Amy has $30$ days of paid holiday, on which she decided to go for a bike journey in France. She chose a safe route of $2300$ kilometers.
Every morning Amy tosses a die, and if the outcome is $k$, where $k = \{1,2,3,4,5,6\}$, she cycles $20k$ kilometers that day.

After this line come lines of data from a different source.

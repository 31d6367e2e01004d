// Ranges of addresses into the fewest blocks, as records in a lent buffer. A range of IPv6 addresses that is not all of them is three runs
// at most, each of which differs in one half only, so that the same loops, among numbers of 64 bits, serve both families.
#![tactic(auto)]

ghost use Rattle.std.specs.Prelude.{◌≡◌, ℕ, ◌+◌, ◌-◌, ◌*◌, ◌^◌, ◌<◌, ◌≤◌, not, length, ◌==◌, nat_le, nat_lt};
ghost use Rattle.wide.specs.Value.{value};
ghost use Rattle.cover.specs.Blocks.{range_blocks};
ghost use Rattle.address.specs.Addresses.{width};
ghost use Rattle.output.specs.Placing.{Puts, PutsAll};
ghost use Rattle.records.specs.Records.{record_size, block_record, records_of};
ghost use Rattle.runs.specs.Runs.{Lower, Upper, RunIs, lane_of, lane_bits, lane_width, lane_record, run_records, Parts, RunFits, Climbs, Climbed, FirstRun};

use address::{Address, Block};
use records::fill_record;
use wide::Wide;

// The largest half.
const MOST: u64 = 0xffff_ffff_ffff_ffff;

// A run counts in some of the bits of its addresses, its lane: all of an IPv4 address, the upper half of an IPv6 address above a lower half
// of 0, or the lower half below the upper half `hi`. `longest` tells which: the length of the block of a single number, 32, 64 or 128.
// Both are plain numbers, so that the compiler tests them outside of the loops.

// The block of the 2 ^ bits numbers from start on.
fn lane_block(longest: u32, hi: u64, start: u64, bits: u32) -> Block
    requires { (start < 2 ^ lane_bits (lane_of longest hi)) × (bits ≤ lane_bits (lane_of longest hi)) }
    ensures { (block_record result ≡ lane_record (lane_of longest hi) start bits) × (width result.address ≡ lane_width (lane_of longest hi)) }
{
    if longest == 32 {
        return Block {
            address: Address::V4(start as u32),
            length: (32 - bits) as u8,
        };
    }
    if longest == 64 {
        return Block {
            address: Address::V6(start, 0),
            length: (64 - bits) as u8,
        };
    }
    Block {
        address: Address::V6(hi, start),
        length: (128 - bits) as u8,
    }
}

// How many bytes a record has.
fn lane_size(longest: u32) -> usize
    ensures { (hi : ℕ) → result ≡ record_size (lane_width (lane_of longest hi)) }
{
    if longest == 32 { 5 } else { 17 }
}

// Puts the record of the 2 ^ bits numbers from start on into what is still free of `out`, and answers the next index.
fn put_one(longest: u32, hi: u64, start: u64, bits: u32, out: &mut [u8], at: usize) -> usize
    requires { (start < 2 ^ lane_bits (lane_of longest hi)) × (bits ≤ lane_bits (lane_of longest hi)) × (at + record_size (lane_width (lane_of longest hi)) ≤ length out.old) }
    ensures { Puts out.old out.new at result (lane_record (lane_of longest hi) start bits) }
{
    fill_record(lane_block(longest, hi, start, bits), &mut out[at..]);
    at + lane_size(longest)
}

// How many numbers the rising and the falling part of a run have.
#[derive(Clone, Copy)]
struct Split {
    rise: u64,
    fall: u64,
}

// The parts of a run of fewer than 2 ^ 64 numbers. Of the largest power of two that is not above how many they are, the first multiple in
// the run is where the blocks cease to grow.
fn cut(first: u64, last: u64) -> Split
    requires { (first ≤ last) × (last - first < 18446744073709551615) }
    ensures { Parts first last result.rise result.fall }
{
    let left = last - first + 1;
    let size = 1u64 << (63 - u64::leading_zeros(left));
    let rise = (size - first % size) % size;
    Split {
        rise,
        fall: left - rise,
    }
}

// How many blocks the run from first to last turns into, at any width that has its numbers: one for each one bit of either part.
fn run_count(first: u64, last: u64) -> usize
    requires { (first ≤ last) × (last - first < 18446744073709551615) }
    ensures { (W : ℕ) → last < 2 ^ W → result ≡ length (range_blocks W first last) }
{
    let parts = cut(first, last);
    let rise = parts.rise;
    let fall = parts.fall;
    (u64::count_ones(rise) + u64::count_ones(fall)) as usize
}

// Puts the records of the rising part of a run: each block is as large as its start has trailing zeros. Answers the next index.
fn put_rising(longest: u32, hi: u64, first: u64, rise: u64, out: &mut [u8], at: usize) -> usize
    requires { Climbs (lane_of longest hi) first rise at out.old }
    ensures { Climbed (lane_of longest hi) first rise out.old at out.new result }
{
    let mut start = first;
    let mut left = rise;
    let mut next = at;
    while 0 < left {
        let bits = u64::trailing_zeros(start);
        next = put_one(longest, hi, start, bits, out, next);
        let size = 1u64 << bits;
        left -= size;
        start += size;
    }
    next
}

// Puts the records of the falling part: each block is the largest that what is left has room for. Answers the next index.
fn put_falling(longest: u32, hi: u64, first: u64, fall: u64, out: &mut [u8], at: usize) -> usize
    requires { RunFits (lane_of longest hi) first (first + fall - 1) at out.old × Parts first (first + fall - 1) 0 fall }
    ensures { Puts out.old out.new at result (run_records (lane_of longest hi) first (first + fall - 1)) }
{
    let mut start = first;
    let mut left = fall;
    let mut next = at;
    while 0 < left {
        let bits = 63 - u64::leading_zeros(left);
        next = put_one(longest, hi, start, bits, out, next);
        let size = 1u64 << bits;
        left -= size;
        // behind the last number of all there is no other, and nothing is left
        start = std::num::wrapping_add_u64(start, size);
    }
    next
}

// Puts the records of both parts. A function of its own, so that the compiler makes it once and puts what comes before into the callers.
fn put_parts(
    longest: u32,
    hi: u64,
    first: u64,
    rise: u64,
    fall: u64,
    out: &mut [u8],
    at: usize,
) -> usize
    requires { RunFits (lane_of longest hi) first (first + rise + fall - 1) at out.old × Parts first (first + rise + fall - 1) rise fall }
    ensures { Puts out.old out.new at result (run_records (lane_of longest hi) first (first + rise + fall - 1)) }
{
    let next = put_rising(longest, hi, first, rise, out, at);
    put_falling(longest, hi, first + rise, fall, out, next)
}

// Puts the records of the run from first to last at an index of `out`, and answers the next index. A run that is one block takes no loop.
fn put_run(longest: u32, hi: u64, first: u64, last: u64, out: &mut [u8], at: usize) -> usize
    requires { RunFits (lane_of longest hi) first last at out.old }
    ensures { Puts out.old out.new at result (run_records (lane_of longest hi) first last) }
{
    let parts = cut(first, last);
    let rise = parts.rise;
    let fall = parts.fall;
    if rise == 0 {
        let bits = 63 - u64::leading_zeros(fall);
        if fall <= 1u64 << bits {
            return put_one(longest, hi, first, bits, out, at);
        }
    }
    put_parts(longest, hi, first, rise, fall, out, at)
}

// A run of IPv6 addresses, and the address that it ends at.
#[derive(Clone, Copy)]
struct Run {
    longest: u32,
    hi: u64,
    first: u64,
    last: u64,
    end: Wide,
}

// The lower halves from first to last, below an upper half.
fn lower_run(hi: u64, first: u64, last: u64) -> Run
    ensures { RunIs result (Lower hi) first last (hi * 2 ^ 64 + last) }
{
    Run {
        longest: 128,
        hi,
        first,
        last,
        end: Wide { hi, lo: last },
    }
}

// The upper halves from first to last, each with all its lower halves.
fn upper_run(first: u64, last: u64) -> Run
    ensures { RunIs result Upper first last (last * 2 ^ 64 + 18446744073709551615) }
{
    Run {
        longest: 64,
        hi: 0,
        first,
        last,
        end: Wide { hi: last, lo: MOST },
    }
}

// The first run of the range of IPv6 addresses from first to last: up to the end of its lower half, over all whole lower halves, or into
// the last one.
fn next_run(first: Wide, last: Wide) -> Run
    requires { (value first ≤ value last) × (value last - value first < 2 ^ 128 - 1) }
    ensures { FirstRun 128 (value first) (value last) (lane_of result.longest result.hi) result.first result.last (value result.end) }
{
    let ah = first.hi;
    let al = first.lo;
    let bh = last.hi;
    let bl = last.lo;
    if bh <= ah {
        if MOST <= bl - al {
            return upper_run(ah, bh);
        }
        return lower_run(ah, al, bl);
    }
    if 0 < al {
        return lower_run(ah, al, MOST);
    }
    if MOST <= bl {
        return upper_run(ah, bh);
    }
    upper_run(ah, bh - 1)
}

// Whether the range is all IPv6 addresses: their number has no room in 128 bits.
fn is_all(first: Wide, last: Wide) -> bool
    ensures { result ≡ (value last - value first == 2 ^ 128 - 1) }
{
    last.saturating_sub(first) == Wide::ones(128)
}

// Whether a run that reaches so far is the last of the range.
fn is_last(reached: Wide, last: Wide) -> bool
    ensures { result ≡ not (nat_lt (value reached) (value last)) }
{
    last <= reached
}

// How many blocks a range of IPv6 addresses turns into, run after run.
fn count_runs(first: Wide, last: Wide) -> usize
    requires { value first ≤ value last }
    ensures { result ≡ length (range_blocks 128 (value first) (value last)) }
{
    if is_all(first, last) {
        return 1;
    }
    let mut start = first;
    let mut n: usize = 0;
    loop {
        let run = next_run(start, last);
        n += run_count(run.first, run.last);
        let reached = run.end;
        if is_last(reached, last) {
            return n;
        }
        start = reached.saturating_add(Wide { hi: 0, lo: 1 });
    }
}

// Puts their records, run after run.
fn put_runs(first: Wide, last: Wide, out: &mut [u8], at: usize) -> usize
    requires { (value first ≤ value last) × (at + length (records_of 128 (range_blocks 128 (value first) (value last))) ≤ length out.old) }
    ensures { Puts out.old out.new at result (records_of 128 (range_blocks 128 (value first) (value last))) }
{
    if is_all(first, last) {
        return put_one(64, 0, 0, 64, out, at);
    }
    let mut start = first;
    let mut next = at;
    loop {
        let run = next_run(start, last);
        next = put_run(run.longest, run.hi, run.first, run.last, out, next);
        let reached = run.end;
        if is_last(reached, last) {
            return next;
        }
        start = reached.saturating_add(Wide { hi: 0, lo: 1 });
    }
}

// How much room there is from an index on.
fn room_from(length: usize, at: usize) -> usize
    ensures { result ≡ length - at }
{
    if length < at { 0 } else { length - at }
}

// How many blocks a range of IPv4 addresses turns into; none where first is above last.
pub fn count_ipv4(first: u32, last: u32) -> usize
    ensures { result ≡ length (range_blocks 32 first last) }
{
    if last < first {
        return 0;
    }
    run_count(first as u64, last as u64)
}

// Whether their records fit into so many bytes. No range has more than 62 blocks, so that room for so many needs no count.
fn fits_ipv4(first: u32, last: u32, room: usize) -> bool
    ensures { result ≡ nat_le (length (records_of 32 (range_blocks 32 first last))) room }
{
    if 310 <= room {
        return true;
    }
    count_ipv4(first, last) * 5 <= room
}

// Puts the records of these blocks at an index of `out` where all of them have room, and else none. Answers the next index. It stands outside
// 01, which gives refusal 3 where the room is less.
pub fn put_ipv4(first: u32, last: u32, out: &mut [u8], at: usize) -> usize
    ensures { PutsAll out.old out.new at result (records_of 32 (range_blocks 32 first last)) }
{
    if last < first {
        return at;
    }
    if !fits_ipv4(first, last, room_from(out.len(), at)) {
        return at;
    }
    put_run(32, 0, first as u64, last as u64, out, at)
}

// The same for IPv6 addresses, whose ranges have 254 blocks at most.
pub fn count_ipv6(first: Wide, last: Wide) -> usize
    ensures { result ≡ length (range_blocks 128 (value first) (value last)) }
{
    if last < first {
        return 0;
    }
    count_runs(first, last)
}

fn fits_ipv6(first: Wide, last: Wide, room: usize) -> bool
    ensures { result ≡ nat_le (length (records_of 128 (range_blocks 128 (value first) (value last)))) room }
{
    if 4318 <= room {
        return true;
    }
    count_ipv6(first, last) * 17 <= room
}

// Puts their records, outside 01 as `put_ipv4` does.
pub fn put_ipv6(first: Wide, last: Wide, out: &mut [u8], at: usize) -> usize
    ensures { PutsAll out.old out.new at result (records_of 128 (range_blocks 128 (value first) (value last))) }
{
    if last < first {
        return at;
    }
    if !fits_ipv6(first, last, room_from(out.len(), at)) {
        return at;
    }
    put_runs(first, last, out, at)
}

In which of the following intervals falls the probability that Amy will complete her route within $30$ days (or less): [6 marks]
i) $[0, 0.25]$
ii) $[0.25, 0.5]$
iii) $[0.5, 0.75]$
iv) $[0.75, 1]$
Late edit but I thought I'd update my final solution here and interpretation to the intervals $[0, 0.25]$ since I believe the answers are misinterpreting the question e.g. $P[\bar X<30]$, but not in the interval 22.5-30 days ($P[22.5<\bar X<30]$. I am not sure if I have interpreted these intervals correctly as well, or if they are meant to be standard deviations or something.
Solution:
- Calculating the expected distance travel per day: $\mu = 1/6(20+40+60+80+100+120)=70km$
- Translating this to the expected days required (not sure if this is correctly done, but I did): $2300/70 = 32.86$ days
Calculating the standard deviation to be $34.1$ $\sigma = \sqrt{\frac{(20-70)^2+(40-70)^2+(60-70)^2+(80-70)^2+(100-70)^2+(120 -70)^2}6} = 34.1$
Then by applying the central limit theorem, because as n reaches values greater than 30, $\bar x $ tends to the normal distribution $(\mu, \frac{\sigma}{\sqrt n})$ This also means new standard deviation of the sample mean, $\bar x$ is $6.24$
By applying the formulae $Z = \frac{\bar x - \mu}{\frac{\sigma}{\sqrt{n}}}$, and drawing the normalised curve for each interval, I attempted to calculate the area between the 4 intervals using the Z - table.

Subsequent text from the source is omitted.